◆ Records for this exercise
'''

//! Pieces of text.

ghost use Rattle.std.specs.Prelude.{◌≡◌, ◌++◌, option_copied, slice_get, OnOk};
ghost use Rattle.ds_report.specs.Function.{function_text};
ghost use Rattle.ds_report.specs.Text.{signed_text, hex_text};

use ds_ast::Name;
use ds_print::push_global;
use itoa::{Buffer, Integer};
use std::alloc::{AllocError, Global};

/// Adds a piece to a text.
pub fn push(text: &mut Vec<u8>, piece: &[u8]) -> Result<(), AllocError>
    ensures { OnOk result (text.new.items ≡ text.old.items ++ piece.now) }
{
    text.extend_from_slice(piece)
}

/// Adds a number in decimal to a text, a negative one with its sign.
pub fn push_number<I: Integer>(text: &mut Vec<u8>, number: I) -> Result<(), AllocError>
    ensures { OnOk result (text.new.items ≡ text.old.items ++ I.text number) }
{
    let mut buffer = Buffer::new();
    text.extend_from_slice(buffer.format(number).as_bytes())
}

/// Adds 64 bits to a text, as the signed decimal number that they are.
pub fn push_signed(text: &mut Vec<u8>, value: u64) -> Result<(), AllocError>
    ensures { OnOk result (text.new.items ≡ text.old.items ++ signed_text value) }
{
    push_number(text, value.cast_signed())
}

/// Adds an address or a word to a text: `0x` and lower-case hexadecimal digits without leading zeros.
pub fn push_hex(alloc: Global, text: &mut Vec<u8>, value: u64) -> Result<(), AllocError>
    ensures { OnOk result (text.new.items ≡ text.old.items ++ hex_text value) }
{
    let digits = format!(in alloc; "{value:x}")?;
    push(text, b"0x")?;
    push(text, digits.as_bytes())
}

/// Adds a piece and a number in decimal to a text.
pub fn push_counted<I: Integer>(
    text: &mut Vec<u8>,
    piece: &[u8],
    number: I,
) -> Result<(), AllocError>
    ensures { OnOk result (text.new.items ≡ text.old.items ++ (piece.now ++ I.text number)) }
{
    push(text, piece)?;
    push_number(text, number)
}

/// Adds a piece and an address or a word to a text.
pub fn push_word(
    alloc: Global,
    text: &mut Vec<u8>,
    piece: &[u8],
    value: u64,
) -> Result<(), AllocError>
    ensures { OnOk result (text.new.items ≡ text.old.items ++ (piece.now ++ hex_text value)) }
{
    push(text, piece)?;
    push_hex(alloc, text, value)
}

/// The name at a place of a list.
fn name_at(names: &[Name], place: usize) -> Option<&Name>
    ensures { option_copied result ≡ slice_get names.now place }
{
    names.get(place)
}

/// Adds in which function something is, by the names of all functions in the order of the text. A number that no
/// function has is told by nothing.
pub fn push_function(text: &mut Vec<u8>, names: &[Name], f: u32) -> Result<(), AllocError>
    ensures { OnOk result (text.new.items ≡ text.old.items ++ function_text names.now f) }
{
    push(text, b" in ")?;
    if let Some(name) = name_at(names, f as usize) {
        push_global(text, name)?;
    }
    Ok(())
}
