//! What the summary counts.

ghost use Rattle.std.specs.Prelude.{◌≡◌, ◌*◌, ◌+◌, ◌^◌, ◌<◌, length, if◌then◌else◌};
ghost use Rattle.ds_report.specs.Counts.{tally_of, number_of, is_tally, count_in, count_of};
ghost use Rattle.ds_report.specs.declared.counts.Tally.TheVariants.{Malloc, Free, Note, Mark};

use ds_core::Steps;
use ds_step::{Event, Step};

/// What an event counts as.
#[derive(Clone, Copy, Debug, PartialEq, Eq)]
pub enum Tally {
    /// A block was given out.
    Malloc,
    /// A free ended.
    Free,
    /// A pointer was noted.
    Note,
    /// A word was marked.
    Mark,
    /// It is not counted.
    Nothing,
}

/// What an event counts as.
fn tally_of(event: Event) -> Tally
    ensures { result ≡ tally_of event }
{
    match event {
        Event::Block { .. } => Tally::Malloc,
        Event::EndFree { .. } => Tally::Free,
        Event::Noted { .. } => Tally::Note,
        Event::Mark { .. } => Tally::Mark,
        _ => Tally::Nothing,
    }
}

/// The number of a tally among them.
fn number_of(tally: Tally) -> u8
    ensures { result ≡ number_of tally }
{
    match tally {
        Tally::Malloc => 0,
        Tally::Free => 1,
        Tally::Note => 2,
        Tally::Mark => 3,
        Tally::Nothing => 4,
    }
}

/// Whether an event counts as this.
fn is_tally(event: Event, tally: Tally) -> bool
    ensures { result ≡ is_tally tally event }
{
    number_of(tally_of(event)) == number_of(tally)
}

/// A count behind an event, by whether that counts as this.
fn counted(count: u64, event: Event, tally: Tally) -> u64
    requires { count + 1 < 2 ^ 64 }
    ensures { result ≡ (if is_tally tally event then count + 1 else count) }
{
    if is_tally(event, tally) {
        count + 1
    } else {
        count
    }
}

/// How many steps count as each tally that the summary names.
#[derive(Clone, Copy, Debug, PartialEq, Eq)]
pub struct Counts {
    /// The blocks that were given out.
    pub mallocs: u128,
    /// The frees that ended.
    pub frees: u128,
    /// The pointers that were noted.
    pub notes: u128,
    /// The words that were marked.
    pub marks: u128,
}

/// How many steps of a trace count as each.
fn counts_in(steps: &[Step]) -> Counts
    ensures mallocs { result.mallocs ≡ count_in Malloc steps.now }
    ensures frees { result.frees ≡ count_in Free steps.now }
    ensures notes { result.notes ≡ count_in Note steps.now }
    ensures marks { result.marks ≡ count_in Mark steps.now }
    ensures few { (result.mallocs < 2 ^ 64) × (result.frees < 2 ^ 64) × (result.notes < 2 ^ 64)
        × (result.marks < 2 ^ 64) }
{
    let mut mallocs = 0;
    let mut frees = 0;
    let mut notes = 0;
    let mut marks = 0;
    for step in steps {
        mallocs = counted(mallocs, step.event, Tally::Malloc);
        frees = counted(frees, step.event, Tally::Free);
        notes = counted(notes, step.event, Tally::Note);
        marks = counted(marks, step.event, Tally::Mark);
    }
    Counts {
        mallocs: u128::from(mallocs),
        frees: u128::from(frees),
        notes: u128::from(notes),
        marks: u128::from(marks),
    }
}

/// How many steps of all traces count as each.
pub fn counts_of(traces: &[Steps]) -> Counts
    ensures mallocs { result.mallocs ≡ count_of traces.now Malloc }
    ensures frees { result.frees ≡ count_of traces.now Free }
    ensures notes { result.notes ≡ count_of traces.now Note }
    ensures marks { result.marks ≡ count_of traces.now Mark }
{
    let mut all = Counts {
        mallocs: 0,
        frees: 0,
        notes: 0,
        marks: 0,
    };
    for steps in traces {
        let more = counts_in(steps.as_slice());
        all.mallocs += more.mallocs;
        all.frees += more.frees;
        all.notes += more.notes;
        all.marks += more.marks;
    }
    all
}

'''

◆ What to produce
Go through the material line by line and work out how many lines include the string "frees". Reply with the number only.

◆ Output
10